About half of the students attended Dunning’s class, where they spent the entire two-and-a-half hour period discussing the election.

“It didn’t feel like we just put aside the work of the course in order to talk about the election,” Dunning continued. “It felt like we continued the work of the course in the context of what had happened.” The discussion that ensued was one that Dunning thought was difficult, provocative and productive.

Dunning, who believes that professors should not be partisan, stated that it was difficult to discuss the election given “the ways in which racism and misogyny and xenophobia have functioned such that to take a stand against those things as categorically never acceptable has in some contexts become a partisan issue and that, as a professor, I feel an ethical imperative to push back upon.”

He added that he never wants to make a student feel excluded from the conversation and has tried to facilitate the discussion in such a way that involves multiple perspectives.

Lydia Culp, FCLC ’19, said that her English and Philosophical Ethics classes held the Friday following the election devoted a substantial amount of time discussing the election results.

“It was assumed that we all were upset,” she said of her English class. “It was just an expression of ‘this is so terrible’ and there wasn’t really an effort to see the other side.”

“I don’t really know how we got stuck with Donald Trump,” Culp continued. “But I don’t think that the way to talk about it is to engage in this form of elitism that generalizes the people on the right as bigoted, racist and morally inferior. Clearly we have a problem, the fact that we’re so surprised shows we’re not listening to so many other people out there, or we’re not giving people a space where they feel they can be open about their views.”

Culp went on to say that she does not think there is space at Fordham for those who disagree with the majority opinion to express their views and that professors should take a more objective stance when discussing the election.

Eric Anthamatten, Ph.D., professor of philosophy, believes that the classroom is an apolitical space, but said that he does not think pure objectivity on the part of the professor is possible.

Referring to feminist writer, bell hooks’ “Engaged Pedagogy,” Anthamatten noted, “if you expect students to be vulnerable, you have to allow a bit of vulnerability, especially in a philosophy class or a liberal arts class.”

In response to the election results, Anthamatten emailed his students to let them know that his classes would be cancelled that Wednesday.

“When I cancelled class, if I’m honest with myself, it was more of a personal response than a political response, I just couldn’t do it,” Anthamatten said. “Grief is a proper patriotic emotion.”

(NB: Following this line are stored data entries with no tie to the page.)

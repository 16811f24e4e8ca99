//! Request Message.

ghost use Rattle.std.specs.Prelude.{◌≡◌, ◌<◌, IfOk, length};
ghost use Rattle.kmipa_ttlv.specs.Tree.{Tree};
ghost use Rattle.kmipa_ttlv.specs.ItemTree.{tree};
ghost use Rattle.kmipa_msgs.specs.Messages.{ask_of, request_of};
ghost use Rattle.kmipa_msgs.specs.Requests.{SaysRequest};
ghost use Rattle.kmipa_msgs.specs.Writable.{IsWritable};
ghost use Rattle.kmipa_msgs.specs.Written.{stated_option, stated_order, written_ask, written_request_header, written_request};

use super::fields::Fields;
use super::header::write_version;
use super::operations::write_asked;
use crate::request::{Ask, BatchOption, Request};
use kmipa_attrs::tags::{
    BATCH_COUNT, BATCH_ERROR_CONTINUATION_OPTION, BATCH_ITEM, BATCH_ORDER_OPTION, OPERATION,
    REQUEST_HEADER, REQUEST_MESSAGE, UNIQUE_BATCH_ITEM_ID,
};
use kmipa_ttlv::Item;
use std::alloc::{AllocError, Global};

/// The Request Message that says the request, as far as any does: it has an item, no Register brings a name twice,
/// and type, algorithm and length of each Register agree. Of more items than an Integer counts none does.
/// What is read over is not written: the payloads of operations that aren't judged, the other items of a Get Attributes,
/// and what of a Locate isn't judged.
/// Stop and an order of true are left out, which means the same. Only want of memory is an error.
pub fn write_request(alloc: Global, request: &Request) -> Result<Item, AllocError>
    requires { length request.now.items.items < 0x8000_0000 }
    ensures order { IfOk result (λ item. tree item ≡ written_request (request_of request.now)) }
    ensures said { IfOk result
        (λ item. (t : Tree) → SaysRequest t (request_of request.now) → IsWritable (request_of request.now)
        → SaysRequest (tree item) (request_of request.now)) }
{
    let mut fields = Fields::new(alloc);
    fields.item(write_header(alloc, request)?)?;
    for ask in &request.items {
        fields.item(write_ask(alloc, ask)?)?;
    }
    Ok(fields.structure(REQUEST_MESSAGE))
}

/// Request Header.
fn write_header(alloc: Global, request: &Request) -> Result<Item, AllocError>
    requires { length request.now.items.items < 0x8000_0000 }
    ensures { IfOk result (λ item. tree item ≡ written_request_header (request_of request.now)) }
{
    let mut fields = Fields::new(alloc);
    fields.item(write_version(alloc)?)?;
    fields.enumeration(
        BATCH_ERROR_CONTINUATION_OPTION,
        stated_option(request.option),
    )?;
    fields.boolean(BATCH_ORDER_OPTION, stated_order(request.ordered))?;
    fields.integer(BATCH_COUNT, Some(request.items.as_slice().len() as i32))?;
    Ok(fields.structure(REQUEST_HEADER))
}

/// The number of an option; an absent one means Stop.
fn stated_option(option: BatchOption) -> Option<u32>
    ensures { result ≡ stated_option option }
{
    match option {
        BatchOption::Stop => None,
        BatchOption::Continue | BatchOption::Undo => Some(option.number()),
    }
}

/// An absent order means true.
fn stated_order(ordered: bool) -> Option<bool>
    ensures { result ≡ stated_order ordered }
{
    if ordered { None } else { Some(false) }
}

/// A Batch Item of a request.
fn write_ask(alloc: Global, ask: &Ask) -> Result<Item, AllocError>
    ensures { IfOk result (λ item. tree item ≡ written_ask (ask_of ask.now)) }
{
    let mut fields = Fields::new(alloc);
    fields.enumeration(OPERATION, Some(ask.number()))?;
    fields.bytes(UNIQUE_BATCH_ITEM_ID, ask.batch_id)?;
    fields.item(write_asked(alloc, &ask.asked)?)?;
    Ok(fields.structure(BATCH_ITEM))
}
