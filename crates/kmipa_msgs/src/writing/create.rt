//! Create: what is asked for.

ghost use Rattle.std.specs.Prelude.{◌≡◌, IfOk};
ghost use Rattle.kmipa_ttlv.specs.Tree.{structure};
ghost use Rattle.kmipa_ttlv.specs.ItemTree.{tree};
ghost use Rattle.kmipa_attrs.specs.Sets.{attributes_of};
ghost use Rattle.kmipa_attrs.specs.Tags.{request_payload};
ghost use Rattle.kmipa_msgs.specs.WrittenFields.{in_order};
ghost use Rattle.kmipa_msgs.specs.Creates.{create_fields};

use super::fields::Fields;
use crate::request::Create;
use kmipa_attrs::tags::{OBJECT_TYPE, REQUEST_PAYLOAD};
use kmipa_attrs::{ObjectType, write_attrs};
use kmipa_ttlv::Item;
use std::alloc::{AllocError, Global};

/// The Request Payload of a Create.
pub(super) fn write_create(alloc: Global, create: &Create) -> Result<Item, AllocError>
    ensures { IfOk result
        (λ item. tree item
        ≡ structure request_payload (in_order (create_fields (attributes_of create.now.attributes.value)))) }
{
    let mut fields = Fields::new(alloc);
    fields.enumeration(OBJECT_TYPE, Some(ObjectType::SymmetricKey.number()))?;
    fields.item(write_attrs(alloc, &create.attributes)?)?;
    Ok(fields.structure(REQUEST_PAYLOAD))
}
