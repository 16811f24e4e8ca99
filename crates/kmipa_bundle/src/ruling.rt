//! Whether a place is judged.

ghost use Rattle.std.specs.Prelude.{◌≡◌};
ghost use Rattle.kmipa_msgs.specs.Messages.{rules_of};
ghost use Rattle.kmipa_passed.specs.Leaving.{held_of};
ghost use Rattle.kmipa_aside.specs.Becoming.{stand_in};
ghost use Rattle.kmipa_places.specs.Places.{place_of};
ghost use Rattle.kmipa_bundle.specs.Counts.{if_asked, ruling_by, ruling_of, ruling_passed};

use kmipa_aside::{Case, case_of};
use kmipa_msgs::{Operation, Rules};
use kmipa_passed::Held;
use kmipa_places::{By, Place, is_judged_operation};
use kmipa_store::Ledger;

/// Whether a place is judged, or by what it isn't.
#[derive(Clone, Copy, PartialEq, Eq)]
pub enum Ruling {
    /// Its request isn't judged, or asks for no operation that is.
    ByRequest,
    /// Its answer isn't.
    ByAnswer,
    /// The witness sets it aside.
    ByWitness,
    /// It is about what is set aside, or nobody can tell about what.
    ByObject,
    /// It is judged.
    Judged,
}

/// Whether a place is judged, where the ID Placeholder held this.
pub(crate) fn ruling_of<'p, L: Ledger>(
    ledger: &L,
    rules: &Rules,
    before: Held<'p>,
    place: &'p Place<'p>,
) -> Ruling
    ensures { result ≡ ruling_of (rules_of rules.now) (stand_in (L.state ledger.now).now) (held_of before.entry)
        (place_of place.now) }
{
    match place {
        Place::Judged(ask, answer) => {
            let ruling = ruling_by(case_of(ledger, rules, before, ask, answer));
            if_asked(ask.operation(), ruling)
        }
        Place::Passed(by, passed) => if_asked(Operation::of(passed.asks), ruling_passed(*by)),
    }
}

/// An item that asks for none of the operations that are judged counts by its request, whatever else.
fn if_asked(operation: Operation, ruling: Ruling) -> Ruling
    ensures { result ≡ if_asked operation ruling }
{
    if is_judged_operation(operation) {
        ruling
    } else {
        Ruling::ByRequest
    }
}

fn ruling_by(case: Case) -> Ruling
    ensures { result ≡ ruling_by case }
{
    match case {
        Case::Over | Case::AboutAside | Case::AboutUnknown => Ruling::ByObject,
        Case::NameMayBeTaken | Case::AsEver => Ruling::Judged,
    }
}

fn ruling_passed(by: By) -> Ruling
    ensures { result ≡ ruling_passed by }
{
    match by {
        By::Request => Ruling::ByRequest,
        By::Answer => Ruling::ByAnswer,
        By::Witness => Ruling::ByWitness,
    }
}
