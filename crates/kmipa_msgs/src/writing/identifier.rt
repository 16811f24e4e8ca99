//! Payloads that have at most an identifier.

ghost use Rattle.std.specs.Prelude.{◌≡◌, ◌<◌, IfOk};
ghost use Rattle.kmipa_ttlv.specs.Tree.{structure};
ghost use Rattle.kmipa_ttlv.specs.ItemTree.{tree};
ghost use Rattle.kmipa_msgs.specs.Messages.{maybe_lent};
ghost use Rattle.kmipa_msgs.specs.WrittenFields.{in_order, identifier_fields};

use super::fields::Fields;
use kmipa_attrs::tags::UNIQUE_IDENTIFIER;
use kmipa_ttlv::Item;
use std::alloc::{AllocError, Global};

/// The payload with this tag.
pub(super) fn write_identifier(
    alloc: Global,
    tag: u32,
    id: Option<&str>,
) -> Result<Item, AllocError>
    requires { tag < 0x100_0000 }
    ensures { IfOk result (λ item. tree item ≡ structure tag (in_order (identifier_fields (maybe_lent id.entry)))) }
{
    let mut fields = Fields::new(alloc);
    fields.text(UNIQUE_IDENTIFIER, id)?;
    Ok(fields.structure(tag))
}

Both Anthamatten and Dunning felt that a portion of their students were appreciative of their respective decisions regarding their classes for Wednesday.

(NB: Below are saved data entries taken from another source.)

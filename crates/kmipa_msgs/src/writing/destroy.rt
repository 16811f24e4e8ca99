//! Destroy: what is asked for.

ghost use Rattle.std.specs.Prelude.{◌≡◌, IfOk};
ghost use Rattle.kmipa_ttlv.specs.Tree.{structure};
ghost use Rattle.kmipa_ttlv.specs.ItemTree.{tree};
ghost use Rattle.kmipa_attrs.specs.Tags.{request_payload};
ghost use Rattle.kmipa_msgs.specs.Messages.{destroy_of};
ghost use Rattle.kmipa_msgs.specs.WrittenFields.{in_order, identifier_fields};

use super::identifier::write_identifier;
use crate::request::Destroy;
use kmipa_attrs::tags::REQUEST_PAYLOAD;
use kmipa_ttlv::Item;
use std::alloc::{AllocError, Global};

/// The Request Payload of a Destroy.
pub(super) fn write_destroy(alloc: Global, destroy: &Destroy) -> Result<Item, AllocError>
    ensures { IfOk result
        (λ item. tree item ≡ structure request_payload (in_order (identifier_fields (destroy_of destroy.now)))) }
{
    write_identifier(alloc, REQUEST_PAYLOAD, destroy.id)
}
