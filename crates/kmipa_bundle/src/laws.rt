//! What the definitions say together: of any list of deeds, and of each call that was read.

ghost use Rattle.kmipa_bundle.specs.Composing.{DeedsCompose, RefusalsAreExact};
ghost use Rattle.kmipa_bundle.specs.Whole.{ReadCallsAreWhole};

/// A ledger that was led along some deeds, and then along others, was led along both together.
pub fn deeds_compose()
    ensures { DeedsCompose }
{}

/// Where a ledger was led along some deeds, and no choice allows the next, those are possible, and with the next they are not.
pub fn refusals_are_exact()
    ensures { RefusalsAreExact }
{}

/// Each item of a call that was read, and that has an answer, has its place.
pub fn read_calls_are_whole()
    ensures { ReadCallsAreWhole }
{}
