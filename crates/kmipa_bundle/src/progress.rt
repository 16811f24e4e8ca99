//! How far the places of a call have come.

use crate::counts::Counts;
use kmipa_passed::Held;

/// What the ID Placeholder holds behind the places that were taken, and how many of them are judged.
#[derive(Clone, Copy)]
pub(crate) struct Progress<'p> {
    pub held: Held<'p>,
    pub counts: Counts,
}
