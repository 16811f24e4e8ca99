//! Get Attributes: what is asked for, and its answer.

ghost use Rattle.std.specs.Prelude.{◌≡◌, IfOk};
ghost use Rattle.kmipa_ttlv.specs.Tree.{structure};
ghost use Rattle.kmipa_ttlv.specs.ItemTree.{tree};
ghost use Rattle.kmipa_attrs.specs.Tags.{request_payload, response_payload};
ghost use Rattle.kmipa_msgs.specs.Messages.{get_attributes_of, got_attributes_of};
ghost use Rattle.kmipa_msgs.specs.WrittenFields.{in_order};
ghost use Rattle.kmipa_msgs.specs.GetsAttributes.{get_attributes_fields, got_attributes_fields};

use super::fields::Fields;
use crate::request::GetAttributes;
use crate::response::GotAttributes;
use kmipa_attrs::tags::{
    ATTRIBUTE_REFERENCE, REQUEST_PAYLOAD, RESPONSE_PAYLOAD, UNIQUE_IDENTIFIER,
};
use kmipa_attrs::write_attrs;
use kmipa_ttlv::Item;
use std::alloc::{AllocError, Global};

/// The Request Payload of a Get Attributes, with the references that have a tag.
pub(super) fn write_get_attributes(alloc: Global, get: &GetAttributes) -> Result<Item, AllocError>
    ensures { IfOk result
        (λ item. tree item ≡ structure request_payload (in_order (get_attributes_fields (get_attributes_of get.now)))) }
{
    let mut fields = Fields::new(alloc);
    fields.text(UNIQUE_IDENTIFIER, get.id)?;
    for tag in &get.references {
        fields.enumeration(ATTRIBUTE_REFERENCE, Some(*tag))?;
    }
    Ok(fields.structure(REQUEST_PAYLOAD))
}

/// The Response Payload of a Get Attributes. Its Attributes are there also where they are empty.
pub(super) fn write_got_attributes(alloc: Global, got: &GotAttributes) -> Result<Item, AllocError>
    ensures { IfOk result
        (λ item. tree item
        ≡ structure response_payload (in_order (got_attributes_fields (got_attributes_of got.now)))) }
{
    let mut fields = Fields::new(alloc);
    fields.text(UNIQUE_IDENTIFIER, got.id)?;
    fields.item(write_attrs(alloc, &got.attributes)?)?;
    Ok(fields.structure(RESPONSE_PAYLOAD))
}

Anthamatten noted that he wants to be sensitive to others’ perspectives and he “tak[es] seriously the responsibility of authority.” He encourages his students to think critically—which, he asserts, in itself becomes political. So too does logic, truth and facts. “To say this person is a sexist or to say he’s racist, is not a political statement, it’s just a fact,” he said.

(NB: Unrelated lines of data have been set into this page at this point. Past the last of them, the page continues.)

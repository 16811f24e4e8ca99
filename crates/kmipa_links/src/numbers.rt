//! Call numbers, each with the place of its segment.

ghost use Rattle.std.specs.Prelude.{◌≡◌, ◌+◌, ◌∷◌, ◌++◌, ℤ, List, [], IfOk, length};
ghost use Rattle.std.specs.Prelude.{Contains};
ghost use Rattle.kmipa_links.specs.Numbers.{IsClash, Know, first_of};

use kmipa_record::NumberMap;
use std::alloc::AllocError;

/// A call that stands in a segment before its own too.
#[derive(Clone, Copy)]
pub struct Clash {
    pub call: i32,
    /// The place of that segment.
    pub place: usize,
}

/// Takes a call number of the segment at a place, behind those that were taken; `clash` is the first of its numbers that stands in a segment
/// before it.
pub fn take_number(
    calls: &mut NumberMap<usize>,
    call: i32,
    place: usize,
    clash: Option<Clash>,
) -> Result<Option<Clash>, AllocError>
    ensures { (numbers : List (List ℤ)) (own : List ℤ) → length numbers ≡ place → Know (numbers ++ (own ∷ [])) calls.old
        → IsClash numbers own clash → ¬ (Contains own call)
        → IfOk result (λ next. Know (numbers ++ ((own ++ (call ∷ [])) ∷ [])) calls.new
        × IsClash numbers (own ++ (call ∷ [])) next) }
{
    match calls.get(call) {
        Some(other) => Ok(first_of(clash, Clash { call, place: other })),
        None => {
            calls.add(call, place)?;
            Ok(clash)
        }
    }
}

/// The clash that was there first.
fn first_of(clash: Option<Clash>, other: Clash) -> Option<Clash>
    ensures { result ≡ first_of clash other }
{
    match clash {
        Some(first) => Some(first),
        None => Some(other),
    }
}
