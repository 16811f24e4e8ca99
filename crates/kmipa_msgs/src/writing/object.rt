//! Objects: Symmetric Key and Secret Data.

ghost use Rattle.std.specs.Prelude.{◌≡◌, IfOk};
ghost use Rattle.kmipa_ttlv.specs.ItemTree.{tree};
ghost use Rattle.kmipa_msgs.specs.Messages.{block_of};
ghost use Rattle.kmipa_msgs.specs.WrittenKeys.{written_object};

use super::fields::Fields;
use super::key_block::write_block;
use crate::key_block::KeyBlock;
use kmipa_attrs::ObjectType;
use kmipa_attrs::tags::{SECRET_DATA, SYMMETRIC_KEY};
use kmipa_ttlv::Item;
use std::alloc::{AllocError, Global};

/// An object of a type, with its Key Block.
pub(super) fn write_object(
    alloc: Global,
    object_type: ObjectType,
    block: &KeyBlock,
) -> Result<Item, AllocError>
    ensures { IfOk result (λ item. tree item ≡ written_object object_type (block_of block.now)) }
{
    let mut fields = Fields::new(alloc);
    fields.item(write_block(alloc, block)?)?;
    match object_type {
        ObjectType::SymmetricKey => Ok(fields.structure(SYMMETRIC_KEY)),
        ObjectType::SecretData => Ok(fields.structure(SECRET_DATA)),
    }
}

“I try to not make it explicit but it’s hard not to when it’s just so egregious, especially in a philosophy class,” Anthamatten continued. He thought it would be irresponsible for him, as a philosophy professor talking about human nature, virtue and the evil of racism, to not point to these facts.

What is responsible, he said, is to situate the discussion in the subject matter of the course and to be self-critical of the echo-chambers in which we exist—the bubbles of New York, of Manhattan or of a private Jesuit University. He went on to say that if what we are working toward is more knowledge, more wisdom and a better world, these bubbles are a threat to that. “And that’s not, to me, at all political. I think there’s a duty and responsibility for a professor to demand that.”

The Cornell Sun, The Harvard Crimson, The Columbia Spectator, The Duke Chronicle and The Daily Pennsylvanian reported that some professors at their institutions cancelled classes, postponed assignment deadlines and midterm exams, or adjusted the agenda of classes to discuss the election.